Wednesday, May 4, 2011

Procrastination

It’s 2:32 a.m. I have an eight page paper due on the performance history of Shakespeare’s “Hamlet,” due in seven hours, and I’m watching Rick tell Ilsa to get on the plane at the end of “Casablanca” for the umpteenth time. Eventually, during the tearful finale, the propellers will buzz and Rick will say the immortal line “We’ll always have Paris.”
I stare at the television enjoying the performances by Bogart and Bergman all the while occasionally shooting a glance at the blank computer screen with the cursor blinking like the remaining seconds of a bomb waiting to explode in my face. Yet I sit there, watching my movie, pondering what reason I can give my professor to get an extension on this paper. Maybe I just won’t show up to class, and get it done, and then email it to her later. It won’t be a big deal. I’ll be able to get it done. Now it’s 3:32 a.m. Marlon Brando is waxing poetic about how he “coulda been a contenda” in the back of a car in “On the Waterfront.” The paper now has an opening paragraph, but is truly no closer to eight pages than it was one hour ago.
I tell myself, “I can get this done. If I just write two pages an hour, I’ll be in the clear.”
I never once thought that these bad habits I had cultivated, over these nearly eight semesters of college, would come back to bite me in the ass.

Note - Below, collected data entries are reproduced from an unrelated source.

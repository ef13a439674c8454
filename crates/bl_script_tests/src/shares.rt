//! Each call that gives one more owner, once with ample memory.
use super::fixtures::work_of;
use bl_policy::access::Mode;
use bl_policy::id::{DocId, SubjectId};
use bl_policy::rule::Rule;
use bl_script::answer::{Answer, Outputs};
use bl_script::document::Document;
use bl_script::script::{Script, Stmt};
use bl_script::work::Work;
use std::alloc::{AllocError, Global};

/// Whether what is shared of a document is the same, and another is not.
fn is_shared(alloc: Global) -> Result<bool, AllocError> {
    let document = Document::new(alloc, b"m1")?;
    let shared = document.share()?;
    let other = Document::new(alloc, b"")?;
    Ok(shared == document && other != document)
}

#[test]
fn shares_a_document(rt: HostRuntime) {
    assert!(rt; is_shared(rt.alloc()) == Ok(true));
}

/// Whether a script reads this document and shows it, and does no more.
fn is_one_read(script: &Script, document: DocId) -> bool {
    script.weight() == 1
        && script.accesses(0).len() == 1
        && script.accesses(0)[0].mode == Mode::Read
        && matches!(script.body(0), [Stmt::Show(doc)] if *doc == document)
}

/// Whether what is shared of the work that reads and shows note does so.
fn is_read_shared(alloc: Global) -> Option<bool> {
    let work = work_of(alloc, b"when read note do show note;end")?;
    match work.share().ok()? {
        Work::Behaviour(script) => Some(is_one_read(&script, DocId::new(1))),
        Work::Rule(_) => None,
    }
}

#[test]
fn shares_a_work_of_one_read(rt: HostRuntime) {
    assert!(rt; is_read_shared(rt.alloc()) == Some(true));
}

/// The answer of what is done, and shows one text.
fn one_text(alloc: Global) -> Result<Answer, AllocError> {
    let mut texts = Vec::new(alloc);
    texts.push(Document::new(alloc, b"n1")?)?;
    Ok(Answer::Done(Outputs::new(texts)))
}

/// How many texts what is shared of that answer shows.
fn texts_shared(alloc: Global) -> Result<usize, AllocError> {
    let answer = one_text(alloc)?;
    match answer.share()? {
        Answer::Done(outputs) => Ok(outputs.texts().len()),
        _ => Ok(0),
    }
}

#[test]
fn shares_an_answer(rt: HostRuntime) {
    assert!(rt; texts_shared(rt.alloc()) == Ok(1));
}

/// Whether what is shared of a rule is the same.
fn is_rule_shared(rule: Rule) -> Result<bool, AllocError> {
    match Work::Rule(rule).share()? {
        Work::Rule(shared) => Ok(shared == rule),
        Work::Behaviour(_) => Ok(false),
    }
}

/// Whether what is shared of the answer to a rule is the same.
fn is_rule_done_shared() -> Result<bool, AllocError> {
    Ok(matches!(Answer::RuleDone.share()?, Answer::RuleDone))
}

#[test]
fn shares_a_work_of_a_rule(rt: HostRuntime) {
    let rule = Rule::Give {
        subject: SubjectId::new(1),
        doc: DocId::new(2),
        mode: Mode::Append,
    };
    assert!(rt; is_rule_shared(rule) == Ok(true));
    assert!(rt; is_rule_done_shared() == Ok(true));
}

So, I learned to procrastinate with the best of them because I didn’t think I had to work that hard.
Procrastination is one of those problematic little phenomena that college students have created to make excuses for why our homework isn’t done, and why we stay up until 4 a.m. working on a paper. We’ve made up little jokes about it and create Facebook status updates about it, and yet it’s something that doesn’t go away.

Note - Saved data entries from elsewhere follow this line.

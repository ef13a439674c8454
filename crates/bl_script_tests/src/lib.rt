//! The tests of the language of the lines.
//!
//!     fixtures      names, what lines ask by them, and tables of lines
//!     lines         what lines ask, and what is wrong with them
//!     rules         the same of rules
//!     write         the text of tokens and of lines
//!     rule_texts    the texts of rules, and which rules have one
//!     knows         which works some text reads as
//!     deepest       the deepest lines, on a thread's stack
//!     walks         what the walk of a `when` takes
//!     shares        each call that gives one more owner
#![tactic(auto)]

#[cfg(test)]
mod deepest;
#[cfg(test)]
mod fixtures;
#[cfg(test)]
mod knows;
#[cfg(test)]
mod lines;
#[cfg(test)]
mod rule_texts;
#[cfg(test)]
mod rules;
#[cfg(test)]
mod shares;
#[cfg(test)]
mod walks;
#[cfg(test)]
mod write;
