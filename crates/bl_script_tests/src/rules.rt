//! What the lines of rules ask, and what is wrong with them.
use super::fixtures::{Asks, Fault, assert_asked, assert_refused};
use bl_policy::access::Mode;

#[test]
fn rules_and_their_checks(rt: HostRuntime) {
    const LINES: &[(&str, Asks)] = &[
        ("give cat memo r", Asks::Give(2, 0, Mode::Read)),
        ("current s", Asks::Current(2, 0)),
        ("current t", Asks::Current(3, 0)),
    ];
    assert_asked(&rt, rt.alloc(), LINES);
}

/// The lines of rules of the other worked examples.
#[test]
fn reads_the_rules_of_the_examples(rt: HostRuntime) {
    const LINES: &[(&str, Asks)] = &[
        ("current s{nato}", Asks::Current(2, 0b01)),
        ("rescind bob memo a", Asks::Rescind(1, 0, Mode::Append)),
        ("rescind ann memo r", Asks::Rescind(0, 0, Mode::Read)),
        ("classify note c", Asks::Classify(1, 1, 0)),
    ];
    assert_asked(&rt, rt.alloc(), LINES);
}

/// A letter is a name in every other place, and categories may come in any order.
#[test]
fn reads_rules_with_blanks(rt: HostRuntime) {
    const LINES: &[(&str, Asks)] = &[
        ("\tgive  root log w ", Asks::Give(3, 2, Mode::Write)),
        (
            "classify memo t { crypto ,nato } ",
            Asks::Classify(0, 3, 0b11),
        ),
    ];
    assert_asked(&rt, rt.alloc(), LINES);
    const REFUSED: &[(&str, Fault)] = &[("give r w a", Fault::Unknown("r"))];
    assert_refused(&rt, rt.alloc(), REFUSED);
}

#[test]
fn reads_what_creates_and_deletes(rt: HostRuntime) {
    const LINES: &[(&str, Asks)] = &[
        ("create memo", Asks::Create(0)),
        ("delete memo", Asks::Delete(0)),
        ("\tcreate  note ", Asks::Create(1)),
        ("delete\tlog", Asks::Delete(2)),
    ];
    assert_asked(&rt, rt.alloc(), LINES);
}

/// By the line's end, by a reserved word or a text for a name, by what stands behind the line, and by a word of setups
/// alone.
#[test]
fn places_a_fault_where_a_document_comes_or_goes(rt: HostRuntime) {
    const LINES: &[(&str, Fault)] = &[
        ("create", Fault::Syntax(6)),
        ("delete ", Fault::Syntax(7)),
        ("create delete", Fault::Syntax(7)),
        ("delete reserve", Fault::Syntax(7)),
        ("create \"memo\"", Fault::Syntax(7)),
        ("create memo note", Fault::Syntax(12)),
        ("delete memo u", Fault::Syntax(12)),
        ("delete memo;", Fault::Syntax(11)),
        ("give ann create r", Fault::Syntax(9)),
        ("reserve memo u", Fault::Syntax(0)),
    ];
    assert_refused(&rt, rt.alloc(), LINES);
}

/// By what is no letter, by a reserved word for a letter, by the line's end, and by what stands behind the line.
#[test]
fn places_a_fault_in_a_rule(rt: HostRuntime) {
    const LINES: &[(&str, Fault)] = &[
        ("give cat memo x", Fault::Syntax(14)),
        ("give cat memo read", Fault::Syntax(14)),
        ("rescind cat memo", Fault::Syntax(16)),
        ("give cat memo r w", Fault::Syntax(16)),
        ("give cat memo ra", Fault::Syntax(14)),
    ];
    assert_refused(&rt, rt.alloc(), LINES);
}

#[test]
fn places_a_fault_in_a_level(rt: HostRuntime) {
    const LINES: &[(&str, Fault)] = &[
        ("current", Fault::Syntax(7)),
        ("current s{}", Fault::Syntax(10)),
        ("current s{nato", Fault::Syntax(14)),
        ("current s{nato crypto}", Fault::Syntax(15)),
        ("classify note s nato", Fault::Syntax(16)),
        ("current s{nato}{nato}", Fault::Syntax(15)),
    ];
    assert_refused(&rt, rt.alloc(), LINES);
}

#[test]
fn tells_the_first_unknown_name_of_a_rule(rt: HostRuntime) {
    const LINES: &[(&str, Fault)] = &[
        ("give zed zip r", Fault::Unknown("zed")),
        ("give ann ann r", Fault::Unknown("ann")),
        ("classify memo nato{s}", Fault::Unknown("nato")),
        ("create zed", Fault::Unknown("zed")),
        ("delete ann", Fault::Unknown("ann")),
        ("current s{nato,nato,zed}", Fault::Unknown("zed")),
    ];
    assert_refused(&rt, rt.alloc(), LINES);
}

#[test]
fn tells_the_first_category_named_twice(rt: HostRuntime) {
    const LINES: &[(&str, Fault)] = &[
        ("current s{nato,crypto,crypto,nato}", Fault::Twice("crypto")),
        ("classify note u{nato,nato}", Fault::Twice("nato")),
    ];
    assert_refused(&rt, rt.alloc(), LINES);
}
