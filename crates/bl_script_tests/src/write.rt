//! The text of tokens and of lines.
use super::fixtures::base_names;
use bl_level::token::{Keyword, Sign, Token};
use bl_script::asked::LineFault;
use bl_script::line::read_line;
use bl_script::names::Names;
use bl_script::write::{write_line, write_tokens};
use std::alloc::Global;
use std::process::Abort;

/// The canonical text of what a line asks by these names.
fn text_by(alloc: Global, names: &Names, bytes: &[u8]) -> Result<Vec<u8>, LineFault> {
    let line = read_line(alloc, names, bytes)?;
    Ok(write_line(alloc, names, &line)?)
}

/// The same by the base names.
fn text_of(alloc: Global, bytes: &[u8]) -> Result<Vec<u8>, LineFault> {
    match base_names(alloc) {
        Some(names) => {
            let text = text_by(alloc, &names, bytes);
            drop(names);
            text
        }
        None => Err(LineFault::Memory),
    }
}

/// Whether this is the canonical text of what a line asks.
fn is_written(alloc: Global, line: &str, expected: &str) -> bool {
    match text_of(alloc, line.as_bytes()) {
        Ok(text) => text.as_slice() == expected.as_bytes(),
        Err(_) => false,
    }
}

/// Asserts of each line that what it asks has this canonical text.
pub fn assert_written(rt: &impl Abort, alloc: Global, lines: &[(&str, &str)]) {
    for (line, text) in lines {
        assert!(rt; is_written(alloc, line, text), "{line}");
    }
}

#[test]
fn writes_a_hello(rt: HostRuntime) {
    const LINES: &[(&str, &str)] = &[(" hello \t bob ", "hello bob")];
    assert_written(&rt, rt.alloc(), LINES);
}

#[test]
fn writes_a_wait(rt: HostRuntime) {
    const LINES: &[(&str, &str)] = &[("  wait", "wait")];
    assert_written(&rt, rt.alloc(), LINES);
}

#[test]
fn writes_child_enters_after_admitted_line(rt: HostRuntime) {
    const LINES: &[(&str, &str)] = &[(
        "when write memo do add memo \"a\"; spawn when read memo do show memo; end; end",
        "when write memo do add memo\"a\";spawn when read memo do show memo;end;end",
    )];
    assert_written(&rt, rt.alloc(), LINES);
}

#[test]
fn writes_no_else_before_an_empty_body(rt: HostRuntime) {
    const LINES: &[(&str, &str)] = &[(
        "when read memo do if memo is \"a\" then show memo; else end; end",
        "when read memo do if memo is\"a\"then show memo;end;end",
    )];
    assert_written(&rt, rt.alloc(), LINES);
}

#[test]
fn writes_an_else_before_a_statement(rt: HostRuntime) {
    const LINES: &[(&str, &str)] = &[(
        "when write memo, read note do if memo has \"\" then else copy note to memo; end; end",
        "when write memo,read note do if memo has\"\"then else copy note to memo;end;end",
    )];
    assert_written(&rt, rt.alloc(), LINES);
}

#[test]
fn writes_what_changes_a_document(rt: HostRuntime) {
    const LINES: &[(&str, &str)] = &[(
        "when write memo, append log do set memo \"a\"; say \"b\"; pour memo to log; end",
        "when write memo,append log do set memo\"a\";say\"b\";pour memo to log;end",
    )];
    assert_written(&rt, rt.alloc(), LINES);
}

static TOKENS: [Token<'static>; 19] = [
    Token::Reserved(Keyword::When),
    Token::Reserved(Keyword::Write),
    Token::Name(b"memo"),
    Token::Reserved(Keyword::Do),
    Token::Reserved(Keyword::Add),
    Token::Name(b"memo"),
    Token::Text(b"a"),
    Token::Sign(Sign::Semicolon),
    Token::Reserved(Keyword::Spawn),
    Token::Reserved(Keyword::When),
    Token::Reserved(Keyword::Read),
    Token::Name(b"memo"),
    Token::Reserved(Keyword::Do),
    Token::Reserved(Keyword::Show),
    Token::Name(b"memo"),
    Token::Sign(Sign::Semicolon),
    Token::Reserved(Keyword::End),
    Token::Sign(Sign::Semicolon),
    Token::Reserved(Keyword::End),
];

/// Whether this is the canonical text of the tokens.
fn are_written(alloc: Global, tokens: &[Token<'_>], expected: &str) -> bool {
    match write_tokens(alloc, tokens) {
        Ok(text) => text.as_slice() == expected.as_bytes(),
        Err(_) => false,
    }
}

#[test]
fn writes_the_canonical_text(rt: HostRuntime) {
    let expected = "when write memo do add memo\"a\";spawn when read memo do show memo;end;end";
    assert!(rt; are_written(rt.alloc(), &TOKENS, expected));
}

As a young student in elementary school and high school, the actual day-to-day homework part was easy. I barely had to break a sweat to get things done because either I got it done at home the night before, or there was enough time during the day that you could easily get things done before that appropriate class period.

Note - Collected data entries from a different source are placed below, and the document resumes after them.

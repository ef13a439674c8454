//! Names, what lines ask by them, and tables of lines. Names are let go by `drop`, which is proved once for all of
//! them, and not at the end of a scope, where the proof takes them apart each time.
use bl_level::level::Level;
use bl_level::name::Name;
use bl_level::scheme::Scheme;
use bl_policy::access::Mode;
use bl_policy::id::{DocId, SubjectId};
use bl_policy::rule::Rule;
use bl_script::asked::{Line, LineFault};
use bl_script::knows::KnowsWorks;
use bl_script::line::read_line;
use bl_script::names::Names;
use bl_script::work::Work;
use std::alloc::Global;
use std::process::Abort;

/// Why a line is refused, with the place or the name that is told.
#[derive(Clone, Copy)]
pub enum Fault {
    Long,
    Syntax(u32),
    Deep,
    Many,
    Unknown(&'static str),
    Twice(&'static str),
    Mode(&'static str),
}

/// What a line asks but for a behaviour: a rule with the places of its subject and its document, and with the rank and
/// the categories of its level.
#[derive(Clone, Copy)]
pub enum Asks {
    Hello(u16),
    Wait,
    Give(u16, u16, Mode),
    Rescind(u16, u16, Mode),
    Current(u8, u32),
    Classify(u16, u8, u32),
    Create(u16),
    Delete(u16),
}

/// A name for each word; none where one is no name, or a growth is refused.
fn names_for(alloc: Global, words: &[&[u8]]) -> Option<Vec<Name>> {
    let mut names = Vec::new(alloc);
    for word in words {
        names.push(Name::new(word)?).ok()?;
    }
    Some(names)
}

/// The ranks u, c, s and t, and the categories nato and crypto.
fn base_scheme(alloc: Global) -> Option<Scheme> {
    let ranks = names_for(alloc, &[b"u", b"c", b"s", b"t"])?;
    let categories = names_for(alloc, &[b"nato", b"crypto"])?;
    Scheme::new(alloc, &ranks, &categories).ok()
}

/// Adds these subjects and these documents. None where one was not added.
fn add_all(names: &mut Names, subjects: &[&[u8]], documents: &[&[u8]]) -> Option<()> {
    for subject in subjects {
        names.add_subject(Name::new(subject)?).ok()?;
    }
    for document in documents {
        names.add_document(Name::new(document)?).ok()?;
    }
    Some(())
}

/// Names of these subjects and these documents.
fn names_with(alloc: Global, subjects: &[&[u8]], documents: &[&[u8]]) -> Option<Names> {
    let mut names = Names::new(alloc, base_scheme(alloc)?).ok()?;
    match add_all(&mut names, subjects, documents) {
        Some(()) => Some(names),
        None => {
            drop(names);
            None
        }
    }
}

/// The subjects ann, bob, cat and root, and the documents memo, note and log.
pub fn base_names(alloc: Global) -> Option<Names> {
    names_with(
        alloc,
        &[b"ann", b"bob", b"cat", b"root"],
        &[b"memo", b"note", b"log"],
    )
}

/// Names with this document alone.
pub fn names_of(alloc: Global, document: &str) -> Option<Names> {
    names_with(alloc, &[], &[document.as_bytes()])
}

/// What a line asks by these names. It promises nothing, which keeps the proofs of its callers short.
fn read_by(alloc: Global, names: Names, line: &[u8]) -> Result<Line, LineFault> {
    let asked = read_line(alloc, &names, line);
    drop(names);
    asked
}

/// What a line asks by the base names.
pub fn read(alloc: Global, line: &[u8]) -> Result<Line, LineFault> {
    match base_names(alloc) {
        Some(names) => read_by(alloc, names, line),
        None => Err(LineFault::Memory),
    }
}

/// The work that a line asks by the base names, of which memo is the first document and note the second.
pub fn work_of(alloc: Global, line: &[u8]) -> Option<Work> {
    match read(alloc, line).ok()? {
        Line::Work(work) => Some(work),
        _ => None,
    }
}

/// Whether a fault is this one.
fn is_fault(fault: &LineFault, wanted: Fault) -> bool {
    match (fault, wanted) {
        (LineFault::Long, Fault::Long)
        | (LineFault::Deep, Fault::Deep)
        | (LineFault::Many, Fault::Many) => true,
        (LineFault::Syntax(place), Fault::Syntax(wanted)) => *place == wanted,
        (LineFault::Unknown(name), Fault::Unknown(wanted))
        | (LineFault::Twice(name), Fault::Twice(wanted))
        | (LineFault::Mode(name), Fault::Mode(wanted)) => name.bytes() == wanted.as_bytes(),
        _ => false,
    }
}

/// Whether a line is refused for this fault by these names.
pub fn is_refused_by(alloc: Global, names: Names, line: &[u8], wanted: Fault) -> bool {
    match read_by(alloc, names, line).err() {
        Some(fault) => is_fault(&fault, wanted),
        None => false,
    }
}

/// The same by the base names.
pub fn is_refused(alloc: Global, line: &[u8], wanted: Fault) -> bool {
    match base_names(alloc) {
        Some(names) => is_refused_by(alloc, names, line, wanted),
        None => false,
    }
}

/// Asserts of each line that it is refused for this fault.
pub fn assert_refused(rt: &impl Abort, alloc: Global, lines: &[(&str, Fault)]) {
    for (line, fault) in lines {
        assert!(rt; is_refused(alloc, line.as_bytes(), *fault), "{line}");
    }
}

/// Whether this is what a line asks.
fn is_asked(line: &Line, asks: Asks) -> bool {
    match (line, asks) {
        (Line::Hello(subject), Asks::Hello(place)) => subject.position() == place,
        (Line::Wait, Asks::Wait) => true,
        (Line::Work(Work::Rule(rule)), _) => rule_of(asks) == Some(*rule),
        _ => false,
    }
}

/// Whether a line asks this by the base names.
fn is_read(alloc: Global, line: &str, asks: Asks) -> bool {
    match read(alloc, line.as_bytes()).ok() {
        Some(line) => {
            let is_asked = is_asked(&line, asks);
            drop(line);
            is_asked
        }
        None => false,
    }
}

/// Asserts of each line that it asks this.
pub fn assert_asked(rt: &impl Abort, alloc: Global, lines: &[(&str, Asks)]) {
    for (line, asks) in lines {
        assert!(rt; is_read(alloc, line, *asks), "{line}");
    }
}

/// Whether some text reads as the work by these names.
pub fn is_known_by(names: Names, work: &Work) -> bool {
    let known = names.knows(work);
    drop(names);
    known
}

/// The rule that is asked; none where there is no such level, or no rule.
pub fn rule_of(asks: Asks) -> Option<Rule> {
    Some(match asks {
        Asks::Hello(_) | Asks::Wait => return None,
        Asks::Give(subject, doc, mode) => Rule::Give {
            subject: SubjectId::new(subject),
            doc: DocId::new(doc),
            mode,
        },
        Asks::Rescind(subject, doc, mode) => Rule::Rescind {
            subject: SubjectId::new(subject),
            doc: DocId::new(doc),
            mode,
        },
        Asks::Current(rank, categories) => Rule::Current {
            level: Level::new(rank, categories)?,
        },
        Asks::Classify(doc, rank, categories) => Rule::Classify {
            doc: DocId::new(doc),
            level: Level::new(rank, categories)?,
        },
        Asks::Create(doc) => Rule::Create {
            doc: DocId::new(doc),
        },
        Asks::Delete(doc) => Rule::Delete {
            doc: DocId::new(doc),
        },
    })
}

This ailment has never been limited to just me though. We’re a nation of procrastinators who desperately want our pleasures right away, but who take a laissez-faire attitude about getting anything accomplished on time. Professors would rather continue doing their own research for their upcoming journal article on the obtuse influence of Balzac on Faulkner for the Publication for the Modern Languages Association than grade a stack of essays, Congress takes weeks at a time to call a vote on Washington D.C. snow removal because it can, and students just wait until the last possible moment to finish a short essay on the Franco-Prussian War.
I am no different. Instead of doing my homework, I found other things to occupy my brain with that I found more important that accomplishing my tasks on time. I watched films, read books for leisure, watched television, and masturbated; anything that was an easy alternative to reading bullshit religion books or doing pre-calculus. I got away with it then because I was smart, and I could talk my way out of the potential problems that could occur. I began to believe my own hype. I believed that my contribution to the academic world was such that the world would be lesser for not having me in it.
That’s the trickiest part about procrastination; it’s not just limited to the unknowledgeable, the lazy, or the unmotivated. It can be the smartest kid in the class, because he doesn’t think he has to work that hard, or an extremely driven young lady who assumes that under the time crunch she can churn out the first chapter of her novel in four hours.
It’s never a clear cut-and-dry reason for why people do this either. In some cases, people just start too late. They assume they have a smaller task in front of them that ends up being a climb up Kilimanjaro. In my case, and I would assume in the case of many others, this pressure could be a fear of failure or even worse, a fear of success. I want reassurance that my work is adequate or even good, and I don’t want to feel the sting of a B+ when I know in my heart that the paper was a C-. Maybe we’re afraid to grow up? College is a time when we’re told to enjoy it, and savor each moment, because it all goes downhill from here. So why not try to prolong the experience. What’s another year of school when you could be out in the lousy world of mortgages, student loan bills, and no job?
So what do I do? I retreat; I avoid; I accept defeat. Many other procrastinators are able to break through their coulda, woulda, shouldas and get their work done. They can see the benefit of barreling through and accomplishing the goal no matter how haphazard the results may look or sound. But I can’t seem to. So I walk around the academic buildings like a feral cat; jumpy, disorientated, and anxiety-ridden. I take different hallways to avoid the potential confrontations with professors, who only want to help, but that I assume are out to reprimand me. Such is the life of a procrastinator.
Curing this disease is an on-going process. It’s hopefully something that won’t last me the rest of my life, but maybe that’s too unrealistic. I want to eventually be able to graduate from college, get out, and live my life. I want to work as a professional writer, and have children, but none of those things can happen until I finish the paper. And that will only happen when I finally stop trying to ignore that blinking cursor, put aside my insecurities, and get to work.